"""

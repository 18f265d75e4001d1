//! Certificates of jobs, printed and read back.
use super::{same_at, same_bytes};
use crate::words::read_line;
use pop_words::Job;
use run_cert::{Cert, print_cert, read_cert};
use std::alloc::Global;
use std::process::Abort;

/// The job of a line of arguments, which are separated by one space.
pub fn job_of(rt: &impl Abort, alloc: Global, line: &str) -> Job {
    read_line(rt, alloc, line).expect(rt, "a job")
}

// Command lines, and the heads of their certificates with three bytes of input, worked by hand.
static HEADS: [(&str, &str); 7] = [
    (
        "formula --stacks 0,0,1",
        "cert 1 formula\nstacks 0,0,1\ninput 3\n",
    ),
    ("orient --stacks ", "cert 1 orient\nstacks\ninput 3\n"),
    (
        "resample --stacks 007,1;;4294967295",
        "cert 1 resample\nstacks 7,1;;4294967295\ninput 3\n",
    ),
    (
        "tree --stacks ;",
        "cert 1 tree\nstacks ;\nroot 1\ninput 3\n",
    ),
    (
        "tree --root 4294967295 --stacks 0,10",
        "cert 1 tree\nstacks 0,10\nroot 4294967295\ninput 3\n",
    ),
    (
        "formula",
        "cert 1 formula\n\
        key 0000000000000000000000000000000000000000000000000000000000000000\n\
        height 1048576\ninput 3\n",
    ),
    (
        "tree --height 9 --key 0123456789ABCDEF0123456789abcdef0123456789abcdef0123456789abcdef",
        "cert 1 tree\n\
        key 0123456789abcdef0123456789abcdef0123456789abcdef0123456789abcdef\n\
        height 9\nroot 1\ninput 3\n",
    ),
];

// This head with that input and the text of a log after it.
fn whole(rt: &impl Abort, alloc: Global, head: &str) -> String {
    let mut text = String::from_str(alloc, head).expect(rt, "memory");
    text.push_str("a\nblog 2 0\n").expect(rt, "memory");
    text
}

// Prints the certificate of a job with that input and that log, and compares it.
fn prints(rt: &impl Abort, alloc: Global, job: &Job, text: &str) {
    let printed = print_cert(alloc, job, b"a\nb", b"log 2 0\n").expect(rt, "memory");
    same_bytes(rt, &printed, text.as_bytes(), text);
}

// Compares a certificate with the job.
fn says(rt: &impl Abort, cert: &Cert, job: &Job, text: &str) {
    assert!(rt; cert.command() == job.command, "{text}");
    same_at(rt, cert.height() as u64, job.height as u64, text, 0);
    same_at(rt, cert.root() as u64, job.root as u64, text, 1);
    same_bytes(rt, cert.input(), b"a\nb", text);
    same_bytes(rt, cert.log_text(), b"log 2 0\n", text);
}

// Reads the text, and compares the certificate with the job.
fn reads(rt: &impl Abort, alloc: Global, job: &Job, text: &str) {
    let cert = read_cert(alloc, text.as_bytes()).expect(rt, "a certificate");
    says(rt, &cert, job, text);
}

// Prints the certificate of a job that has this head, and reads it.
fn is_told(rt: &impl Abort, alloc: Global, job: &Job, head: &str) {
    let text = whole(rt, alloc, head);
    prints(rt, alloc, job, text.as_str());
    reads(rt, alloc, job, text.as_str());
}

#[test]
fn what_is_printed_is_read_back(rt: HostRuntime) {
    let alloc = rt.alloc();
    for (line, head) in HEADS.iter() {
        let job = job_of(&rt, alloc, line);
        is_told(&rt, alloc, &job, head);
    }
}
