//! Rows of numbers that are kept in one array. Each row of `FlatRows` has room for a fixed number
//! of them: a first pass counts this room, and a second one pushes the numbers. A `RowList` gets
//! its rows one after another, and `Fronts` are prefixes of one list. Contracts see the rooms and
//! the rows as lists.
#![tactic(auto)]

mod counting;
mod flat_rows;
mod fronts;
mod lists;
mod parts;
mod prefix_sums;
mod row_list;

pub use counting::count_at;
pub use flat_rows::FlatRows;
pub use fronts::Fronts;
pub use lists::copy_lists;
pub use prefix_sums::accumulate;
pub use row_list::RowList;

"""

* [Exercise details] Give the count of lines in the data above that hold the string "counting", with no additional words.

* [Exercise output] 2